▶ **EXERCISE INSTRUCTIONS**
Give the number of lines in the records below that hold "bounded"; nothing else is needed.
[[ SUPPLIED MATERIAL open ]]
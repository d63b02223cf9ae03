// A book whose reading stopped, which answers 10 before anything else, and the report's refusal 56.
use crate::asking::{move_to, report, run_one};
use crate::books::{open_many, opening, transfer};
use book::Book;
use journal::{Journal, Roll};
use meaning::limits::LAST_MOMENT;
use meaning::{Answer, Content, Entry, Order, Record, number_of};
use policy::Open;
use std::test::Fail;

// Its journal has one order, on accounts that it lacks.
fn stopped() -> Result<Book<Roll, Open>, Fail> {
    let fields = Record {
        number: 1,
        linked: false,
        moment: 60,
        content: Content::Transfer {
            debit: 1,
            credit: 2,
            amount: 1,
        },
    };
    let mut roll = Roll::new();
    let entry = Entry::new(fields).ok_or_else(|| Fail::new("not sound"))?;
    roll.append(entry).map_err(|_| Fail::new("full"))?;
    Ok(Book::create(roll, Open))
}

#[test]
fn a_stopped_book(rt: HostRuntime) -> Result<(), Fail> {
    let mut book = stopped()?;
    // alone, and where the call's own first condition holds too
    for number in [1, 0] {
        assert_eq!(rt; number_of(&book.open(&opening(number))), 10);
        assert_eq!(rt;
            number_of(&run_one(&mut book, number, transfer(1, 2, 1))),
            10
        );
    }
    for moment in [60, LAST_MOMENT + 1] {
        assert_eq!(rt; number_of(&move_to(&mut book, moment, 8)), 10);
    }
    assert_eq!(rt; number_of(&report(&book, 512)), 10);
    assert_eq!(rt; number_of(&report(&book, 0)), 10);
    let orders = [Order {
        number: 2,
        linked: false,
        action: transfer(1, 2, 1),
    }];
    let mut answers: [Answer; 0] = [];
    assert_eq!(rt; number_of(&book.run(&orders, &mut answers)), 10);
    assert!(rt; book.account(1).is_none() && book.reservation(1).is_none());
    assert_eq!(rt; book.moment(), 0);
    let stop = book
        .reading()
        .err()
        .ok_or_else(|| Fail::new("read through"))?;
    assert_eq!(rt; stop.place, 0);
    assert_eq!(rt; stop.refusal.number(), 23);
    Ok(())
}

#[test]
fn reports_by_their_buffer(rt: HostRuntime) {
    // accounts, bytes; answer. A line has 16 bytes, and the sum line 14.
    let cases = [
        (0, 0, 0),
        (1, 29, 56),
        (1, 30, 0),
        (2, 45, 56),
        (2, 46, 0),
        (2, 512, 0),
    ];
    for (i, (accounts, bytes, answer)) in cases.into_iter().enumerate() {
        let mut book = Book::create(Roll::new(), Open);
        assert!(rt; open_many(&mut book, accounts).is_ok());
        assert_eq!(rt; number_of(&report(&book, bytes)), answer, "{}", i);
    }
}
[[ SUPPLIED MATERIAL closed ]]
[[ SUPPLIED MATERIAL open ]]
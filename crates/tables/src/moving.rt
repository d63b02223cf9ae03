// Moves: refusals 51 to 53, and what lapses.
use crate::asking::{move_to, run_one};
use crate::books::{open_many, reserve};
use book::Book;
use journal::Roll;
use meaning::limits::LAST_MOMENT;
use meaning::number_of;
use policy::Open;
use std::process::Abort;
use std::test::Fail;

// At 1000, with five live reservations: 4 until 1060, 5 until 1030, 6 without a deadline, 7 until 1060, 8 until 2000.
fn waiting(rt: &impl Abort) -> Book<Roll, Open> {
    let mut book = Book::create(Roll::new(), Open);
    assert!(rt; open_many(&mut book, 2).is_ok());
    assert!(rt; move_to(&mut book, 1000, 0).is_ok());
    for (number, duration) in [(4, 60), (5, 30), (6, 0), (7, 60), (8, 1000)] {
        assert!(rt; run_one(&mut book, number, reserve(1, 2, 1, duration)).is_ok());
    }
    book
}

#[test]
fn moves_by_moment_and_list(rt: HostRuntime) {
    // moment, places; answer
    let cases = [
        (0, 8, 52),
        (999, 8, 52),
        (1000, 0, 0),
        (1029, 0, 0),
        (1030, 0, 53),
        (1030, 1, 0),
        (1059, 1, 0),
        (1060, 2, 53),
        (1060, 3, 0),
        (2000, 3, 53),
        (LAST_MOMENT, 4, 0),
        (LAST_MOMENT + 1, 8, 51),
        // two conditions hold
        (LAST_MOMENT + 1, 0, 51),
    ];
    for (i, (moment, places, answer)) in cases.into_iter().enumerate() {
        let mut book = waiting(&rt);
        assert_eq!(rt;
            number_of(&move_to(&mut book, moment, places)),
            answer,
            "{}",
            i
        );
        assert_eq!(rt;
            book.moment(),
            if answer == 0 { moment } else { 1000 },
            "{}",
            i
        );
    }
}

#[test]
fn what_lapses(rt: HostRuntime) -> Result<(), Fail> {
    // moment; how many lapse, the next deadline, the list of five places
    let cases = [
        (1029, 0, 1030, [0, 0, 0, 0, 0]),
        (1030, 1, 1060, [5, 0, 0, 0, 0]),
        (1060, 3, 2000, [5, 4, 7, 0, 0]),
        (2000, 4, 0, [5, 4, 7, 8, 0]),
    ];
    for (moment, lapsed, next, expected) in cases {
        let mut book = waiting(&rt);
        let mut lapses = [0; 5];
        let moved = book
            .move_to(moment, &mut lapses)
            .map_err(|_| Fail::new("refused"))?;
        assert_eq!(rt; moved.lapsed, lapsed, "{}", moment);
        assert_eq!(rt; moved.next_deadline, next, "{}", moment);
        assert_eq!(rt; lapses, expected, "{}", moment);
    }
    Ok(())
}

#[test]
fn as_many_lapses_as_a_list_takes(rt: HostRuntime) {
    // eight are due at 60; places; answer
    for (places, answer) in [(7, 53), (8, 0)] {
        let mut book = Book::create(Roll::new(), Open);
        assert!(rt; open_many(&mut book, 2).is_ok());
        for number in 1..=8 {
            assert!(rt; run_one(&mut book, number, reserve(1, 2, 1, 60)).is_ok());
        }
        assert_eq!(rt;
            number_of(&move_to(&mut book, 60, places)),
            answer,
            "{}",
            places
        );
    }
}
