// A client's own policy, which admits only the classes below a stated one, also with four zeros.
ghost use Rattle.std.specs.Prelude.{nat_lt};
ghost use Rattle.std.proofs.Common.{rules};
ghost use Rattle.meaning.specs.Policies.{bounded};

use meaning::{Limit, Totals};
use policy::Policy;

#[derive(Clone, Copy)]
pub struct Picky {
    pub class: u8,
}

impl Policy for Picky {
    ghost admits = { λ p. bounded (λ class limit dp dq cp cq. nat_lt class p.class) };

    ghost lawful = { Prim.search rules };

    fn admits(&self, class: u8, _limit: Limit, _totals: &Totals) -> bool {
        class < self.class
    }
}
[[ SUPPLIED MATERIAL closed ]]
▶ **ANSWER**
2